Research about cheating in the classroom has established that students are influenced by the attitudes and behavior of both their peers and their instructors. For example, students cheat more when faculty do nothing. If students perceive that cheating is easy and safe and that faculty won't report them, cheating increases. If faculty report cheating and there are meaningful sanctions, consistently enforced, cheating is reduced. Likewise, students cheat more when they are disinterested in the class. Conversely, students cheat less when they feel that faculty genuinely care whether they learn, and when the instructor is enthusiastic about the subject and dedicated to teaching.

Research also indicates that students cheat more when they believe that their peers accept, condone, or encourage cheating. This seems to be why honor codes make a difference –because students hold their peers accountable. The number of students at UC Davis reporting peers to their instructors for academic dishonesty has significantly increased in the past few years.

How can faculty create a climate of academic integrity in the classroom?

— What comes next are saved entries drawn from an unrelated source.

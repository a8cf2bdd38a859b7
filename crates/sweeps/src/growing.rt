//! Growing sweeps: each works out anew only what may have changed.
ghost use Rattle.std.specs.Prelude.{◌≡◌, ◌-◌, ◌<◌, ◌≤◌, ◌^◌, true, false, [], map, length, replicate, take, IfOk, OnOk, not, nat_lt, nat_le, ◌∷◌, slice_get, slice_set, slice_index_or, if◌then◌else◌};
ghost use Rattle.std.specs.List.{fold, list_any, AllByRecursion};
ghost use Rattle.std.specs.Option.{option_map_or};
ghost use Rattle.sweeps.specs.declared.kept.Slot.TheVariants.{Idle};
ghost use Rattle.sweeps.specs.Sweeps.{AreRising, with_arrival, is_widening as is_widening_spec, widened_to, changed_to, with_state, raised, lowered, is_same_place};
ghost use Rattle.sweeps.specs.Kept.{rank_by, number_of, kept_table, place_in, pair_of, all_arrivals, strangers, moved, with_stale, touch_at, touched, touched_by, renewed, aimed, aimed_at, AreAimed, came, add_at, settled, settled_by, lowered_kept, entered, with_kept, zip_with, aimed_all, renewed_all, filled_slots, settled_all, met, stepped, IsSound};

use crate::domain::Domain;
use crate::kept::{Arrival, Kept, Slot, number, number_near, rank, successors};
use crate::row::Row;
use item_list::Items;
use std::alloc::{AllocError, Global};
use std::mem;

// The places of rows that the last sweep changed.
fn moved_places<D: Domain>(
    alloc: Global,
    domain: &D,
    kept: &[Kept<D::Place, D::State>],
) -> Result<Vec<D::Place>, AllocError>
    ensures { IfOk result (λ v. v.items ≡ moved kept.now) }
{
    let mut places = Vec::new(alloc);
    for k in kept {
        if k.changed {
            let place = domain.copy_place(&k.row.place)?;
            places.push(place)?;
        }
    }
    Ok(places)
}

// Whether one of these places concerns this one.
fn is_concerned<D: Domain>(domain: &D, place: &D::Place, places: &[D::Place]) -> bool
    ensures { result ≡ list_any (λ q. (D.meaning domain.now).concerns place.now q) places.now }
{
    if !domain.looks_at_others(place) {
        return false;
    }
    for other in places {
        if domain.concerns(place, other) {
            return true;
        }
    }
    false
}

// Whether a row's successors are to be made anew.
fn is_stale<D: Domain>(domain: &D, k: &Kept<D::Place, D::State>, places: &[D::Place]) -> bool
    ensures { result ≡ (with_stale (D.meaning domain.now) places.now k.now).stale }
{
    if k.changed {
        return true;
    }
    is_concerned(domain, &k.row.place, places)
}

// Notes which rows' successors are to be made anew.
fn note_stale<D: Domain>(
    alloc: Global,
    domain: &D,
    kept: &mut Vec<Kept<D::Place, D::State>>,
) -> Result<(), AllocError>
    ensures { OnOk result (kept.new.items ≡ map (with_stale (D.meaning domain.now) (moved kept.old.items)) kept.old.items) }
{
    let places = moved_places(alloc, domain, kept.as_slice())?;
    for at in 0..kept.len() {
        kept[at].stale = is_stale(domain, &kept[at], places.as_slice());
    }
    Ok(())
}

// The row of a place is due, if it has one.
fn touch<D: Domain>(
    domain: &D,
    kept: &[Kept<D::Place, D::State>],
    slots: &mut [Slot<D::State>],
    place: &D::Place,
)
    requires rising { AreRising (D.meaning domain.now) (map place_in kept.now) }
    requires slots { length slots.old ≡ length kept.now }
    ensures { slots.new ≡ touch_at (D.meaning domain.now) kept.now slots.old place.now }
{
    match number(domain, kept, place) {
        None => {}
        Some(at) => {
            if at < slots.len() {
                slots[at] = Slot::Due;
            }
        }
    }
}

// The rows of a stale row's successors are due, and the row itself.
fn touch_around<D: Domain>(
    domain: &D,
    kept: &[Kept<D::Place, D::State>],
    slots: &mut [Slot<D::State>],
    k: &Kept<D::Place, D::State>,
)
    requires rising { AreRising (D.meaning domain.now) (map place_in kept.now) }
    requires slots { length slots.old ≡ length kept.now }
    ensures { slots.new ≡ fold (touch_at (D.meaning domain.now) kept.now) slots.old (touched_by k.now) }
{
    if !k.stale {
        return;
    }
    touch(domain, kept, slots, &k.row.place);
    for arrival in k.arrivals.as_slice() {
        touch(domain, kept, slots, &arrival.place);
    }
}

fn touch_all<D: Domain>(domain: &D, kept: &[Kept<D::Place, D::State>], slots: &mut [Slot<D::State>])
    requires rising { AreRising (D.meaning domain.now) (map place_in kept.now) }
    requires slots { length slots.old ≡ length kept.now }
    ensures { slots.new ≡ fold (touch_at (D.meaning domain.now) kept.now) slots.old (touched kept.now) }
{
    for k in kept {
        touch_around(domain, kept, slots, k);
    }
}

// Makes the successors of a row anew, if it is stale.
fn renew_row<D: Domain>(
    alloc: Global,
    domain: &D,
    kept: &mut Vec<Kept<D::Place, D::State>>,
    at: usize,
) -> Result<(), AllocError>
    requires { at < length kept.old.items }
    ensures { OnOk result ((d : _) → kept.new.items ≡ slice_set kept.old.items at (renewed (D.meaning domain.now) (kept_table kept.old.items) (slice_index_or kept.old.items at d))) }
{
    if !kept[at].stale {
        return Ok(());
    }
    let arrivals = successors(alloc, domain, kept.as_slice(), &kept[at].row)?;
    kept[at].arrivals = arrivals;
    Ok(())
}
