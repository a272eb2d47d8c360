//! The table by its values: each cell of the table of statuses, verdicts on the bench sign, each cause of a decision,
//! and what a table is made of.

use dms_face::{Defaults, Face, MultiFault, MultiFaultCode};
use dms_sign_bench::{B, DEFAULTS, face, stock};
use dms_table::{
    Activation, Ask, Cause, Field, Mode, Order, Permanent, Refused, RowId, RowPlace, Shown, Status,
    Stock, Table, TableFault, Verdict, Writable, memory,
};
use std::alloc::Global;
use std::process::Abort;
use std::test::Fail;

/// The defaults with the other font.
const SMALL_DEFAULTS: Defaults = Defaults {
    font: 2,
    ..DEFAULTS
};

const FIRST: RowId = RowId {
    memory: 3,
    number: 1,
};

/// The sign at its start: a blank message.
fn blank() -> Shown {
    Shown::blank(&DEFAULTS, Mode::PowerRecovery)
}

fn status(table: &Table, id: RowId) -> Option<Status> {
    Some(table.row(id)?.status)
}

/// The row is written with this text, beacon and pixel service, and validated.
fn validated(
    table: &mut Table,
    face: &Face,
    defaults: &Defaults,
    text: &[u8],
    beacon: u8,
    pixel: u8,
) -> Result<Option<Verdict>, Refused> {
    table.ask(FIRST, Ask::Modify)?;
    for field in [
        Field::Text(text),
        Field::Beacon(beacon),
        Field::Pixel(pixel),
        Field::Priority(200),
    ] {
        table.write(FIRST, field)?;
    }
    table.ask(FIRST, Ask::Validate)?;
    if defaults.fits(face) {
        Ok(table.settle(face, defaults))
    } else {
        Ok(None)
    }
}

/// A row in this status.
fn brought_to(table: &mut Table, face: &Face, wanted: Status) -> Result<(), Refused> {
    if wanted == Status::NotUsed {
        return Ok(());
    }
    table.ask(FIRST, Ask::Modify)?;
    if wanted == Status::Modifying {
        return Ok(());
    }
    if wanted == Status::Error {
        table.write(FIRST, Field::Text(b"[nl"))?;
    }
    table.ask(FIRST, Ask::Validate)?;
    if wanted != Status::Validating {
        table.settle(face, &face.defaults());
    }
    Ok(())
}

/// The status of a row that was brought to one, whether it takes this, and its status after it was asked.
fn asked(
    alloc: Global,
    face: &Face,
    from: Status,
    ask: Ask,
) -> Result<(Option<Status>, bool, Option<Status>), Fail> {
    let mut table = Table::new(alloc, stock(&[]), face)?;
    brought_to(&mut table, face, from)?;
    let before = status(&table, FIRST);
    let taken = table.ask(FIRST, ask).is_ok();
    Ok((before, taken, status(&table, FIRST)))
}

fn check_asked(
    rt: &impl Abort,
    alloc: Global,
    face: &Face,
    from: Status,
    ask: Ask,
    next: Option<Status>,
) -> Result<(), Fail> {
    let after = next.unwrap_or(from);
    let found = asked(alloc, face, from, ask)?;
    assert!(rt;
        found == (Some(from), next.is_some(), Some(after)),
        "status {}, asked {}",
        from.number(),
        ask.number()
    );
    Ok(())
}

#[test]
fn each_status_allows_what_it_allows(rt: HostRuntime) -> Result<(), Fail> {
    let face = face(rt.alloc())?;
    let modifying = Some(Status::Modifying);
    let validating = Some(Status::Validating);
    let not_used = Some(Status::NotUsed);
    for (from, modify, validate, end) in [
        (Status::NotUsed, modifying, None, not_used),
        (Status::Modifying, modifying, validating, not_used),
        (Status::Validating, None, None, None),
        (Status::Valid, modifying, validating, not_used),
        (Status::Error, modifying, validating, not_used),
    ] {
        check_asked(&rt, rt.alloc(), &face, from, Ask::Modify, modify)?;
        check_asked(&rt, rt.alloc(), &face, from, Ask::Validate, validate)?;
        check_asked(&rt, rt.alloc(), &face, from, Ask::NotUsed, end)?;
    }
    Ok(())
}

  • Faculty should inspire, encourage, and model integrity, behaving honestly and respectfully towards students and colleagues. Difficult ethical issues that may arise in the academic or professional field of study need to be discussed, not avoided, and professional and ethical standards that can help resolve such questions need to be part of the curriculum.
  • Faculty should highlight campus standards regarding academic integrity as well as their own expectations for ethical behavior in the course syllabus and during class discussions.
  • Faculty should set clear standards for assignments, tests, and grading, and clearly define rules for collaboration and citation.
  • Faculty should enlist students' help in creating a climate of integrity in the classroom. Talk to the class about how academic integrity is critical to the learning process and enhances the quality of education for instructors as well as students. Help students understand how honest work builds skills, knowledge, and self-esteem, while cheating and plagiarism do not.

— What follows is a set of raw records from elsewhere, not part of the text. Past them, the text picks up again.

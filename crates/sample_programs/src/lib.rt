//! Each text of the generator is sound, and its program has room. The function does nothing: its contract is the law, which is proved.
#![tactic(auto)]

ghost use Rattle.sample_programs.specs.Laws.{TextsHaveRoom};

/// The compiler refuses no text of the generator: each is sound, and by its own bounds its program has
/// room for its registers and for its code.
pub fn texts_have_room()
    ensures { TextsHaveRoom }
{}
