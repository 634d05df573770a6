//! What a role lacks for a message that it can't send, as a text.
//!
//! The text has a line on the action; the terms that the sender has by then, each with where it is from:
//! what brings it to the sender, who knows, makes or receives it or what it is opened with, or that the
//! sender builds it; the parts of the message that don't compose from these terms; and for each that
//! stands behind a missing key, or is a name, where it stands, and which roles know that key or make it.
#![tactic(auto)]

mod knowing;
mod laws;
mod lines;
mod listing;
mod opening;
mod origins;
mod parts;
mod refusing;
mod root_lines;
mod roots;

pub use laws::lists_are_shown;
pub use origins::Origin;
pub use refusing::{LackText, lack_text};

In summary, it is critical to establish the existence of clear rules as well as guidelines for work and classroom behavior. It is important to communicate that these standards will be consistently enforced. Students need to understand that violations of the UC Davis Code of Academic Conduct will be addressed with disciplinary sanctions, and that multiple incidents of dishonest conduct will lead to a student’s separation from the University. Lastly, it is important to remind students that cheating is not only dishonest but is also unfair to other students.